Joseph Mlodzianowski, vice president of training firm Aries Security, deliberately connected IoT devices to the hostile WiFi networks at DEF CON as an invitation for hackers to try their hand. His "sheep city" in the conference's Packet Hacking village included a connected train system, garage door opener and a smart meter that, when hacked, shut off lights to half of the model town.
"All IoT devices lack security," Mlodzianowski said, adding that his mantra is, "you can't spell 'idiot' without 'IoT.'"

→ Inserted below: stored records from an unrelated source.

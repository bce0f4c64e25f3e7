//! What no row of the table has, and the names of registers.

use rv_decode::{Instr, ShiftOp, decode, encode, read_register, register_name, well_formed};

// Words just outside the rows.
const OUTSIDE: [u32; 20] = [
    0x00000000, // no bits
    0x00000001, // the low two bits of a compressed instruction
    0xffffffff, // an opcode that no row has
    0x00009067, // JALR with funct3 1
    0x0000a063, // a branch with funct3 2
    0x00007003, // a load with funct3 7
    0x00004023, // a store with funct3 4
    0x04051513, // SLLI by 64
    0x04055513, // SRLI by 64
    0x44055513, // SRAI by 64
    0x40051513, // SLLI with the bit of SRAI
    0x0205151b, // SLLIW by 32
    0x4205551b, // SRAIW by 32
    0x0005251b, // funct3 2 under OP-IMM-32
    0x40c59533, // SLL with the bit of SUB
    0x04c58533, // ADD with a funct7 that no row has
    0x02c5953b, // MULW's funct7 with funct3 1
    0x0000100f, // FENCE.I
    0x00200073, // a whole word beside EBREAK
    0x00100173, // EBREAK with a destination
];

fn none_is_decoded() -> bool {
    for word in OUTSIDE.iter() {
        if decode(*word).is_some() {
            return false;
        }
    }
    true
}

#[test]
fn outside(rt: HostRuntime) {
    assert!(rt; none_is_decoded());
}

const FENCE: Instr = Instr::Fence {
    rd: 0,
    rs1: 0,
    imm: -1997,
};

const WIDE_SHIFT: Instr = Instr::Shift {
    op: ShiftOp::Slliw,
    rd: 1,
    rs1: 1,
    by: 32,
};

#[test]
fn both_ways(rt: HostRuntime) {
    assert!(rt; decode(0x8330000f) == Some(FENCE) && well_formed(&FENCE));
    assert!(rt; encode(&FENCE) == 0x8330000f);
    assert!(rt; !well_formed(&WIDE_SHIFT));
}

/// Names of s0, and texts that name no register.
const NAMES: [&str; 3] = ["s0", "fp", "x8"];

const NO_NAMES: [&str; 7] = ["", "S0", "x08", "x32", "x", "s12", "zero "];

fn all_are_read_as(names: &[&str], register: Option<u8>) -> bool {
    for name in names {
        if read_register(name) != register {
            return false;
        }
    }
    true
}

#[test]
fn registers(rt: HostRuntime) {
    assert!(rt; register_name(8) == "s0");
    assert!(rt; all_are_read_as(&NAMES, Some(8)) && all_are_read_as(&NO_NAMES, None));
}
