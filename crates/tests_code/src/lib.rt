//! Tests of what stands below an analysis: words, files, points, offsets and programs.
//!
//! The crate has nothing but tests, a file for each crate that is tested, so that no crate is proved twice
//! for its tests.
#![tactic(auto)]

#[cfg(test)]
mod fakes;
#[cfg(test)]
mod frames;
#[cfg(test)]
mod generated_files;
#[cfg(test)]
mod halves;
#[cfg(test)]
mod images;
#[cfg(test)]
mod lifts;
#[cfg(test)]
mod points;
#[cfg(test)]
mod system;
#[cfg(test)]
mod words;
#[cfg(test)]
mod written_files;
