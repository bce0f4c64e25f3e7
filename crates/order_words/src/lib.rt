//! What words are as an order.
//!
//! The crate runs nothing. `orders` tells an order by what `clap` makes of the words; here laws say it in plain words: which
//! words each order takes, whatever its texts are, and which words are none.
//!
//! ```text
//! words_are_orders(); // ghost: the laws are the function's clauses
//! ```
#![tactic(auto)]

pub mod laws;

Policymakers have tried to address some of the security problems plaguing the IoT space. At least nine federal agencies, from the Federal Trade Commission to Department of Homeland Security, have offered some level of IoT-related guidance, "often on data security and privacy," according to a recent report from the Government Accountability Office.
Congress has also taken note. Hurd told a crowd of DEF CON attendees Sunday that he would push for a hearing on IoT, particularly as "smart" and autonomous vehicles start to become a reality.
"Connected cars is the subsection of IoT that most members [of Congress] can wrap their heads around," Hurd told a crowd of DEF CON attendees Sunday. "We all know we have to bake in security."
Hurd alluded to the early development of the internet, when technologists spared little thought to how their small, trusted network could be abused by hackers. "Let's not make those same mistakes when it comes to IoT," he said.
Moussouris, of Luta Security, suggested Congress could consider offering tax credits to organizations that lay out concrete steps to address IoT cybersecurity.
"Every single manufacturer or writer of open-source software that goes into a device be it car, medical device, or [other] IoT has to have an ability to find and fix vulnerabilities and has to have a process to handle the discovery of new vulnerabilities," she said.
Moussouris acknowledged that small manufacturers may be tempted to cut corners on security, given tight budgets and tough competition.
"They are, unfortunately, relearning old history lessons in security architecture and response," she said. "But on the other hand, if we bog [IoT firms] down with overly heavy regulations, we stifle innovation, so we have an economic responsibility to balance that out."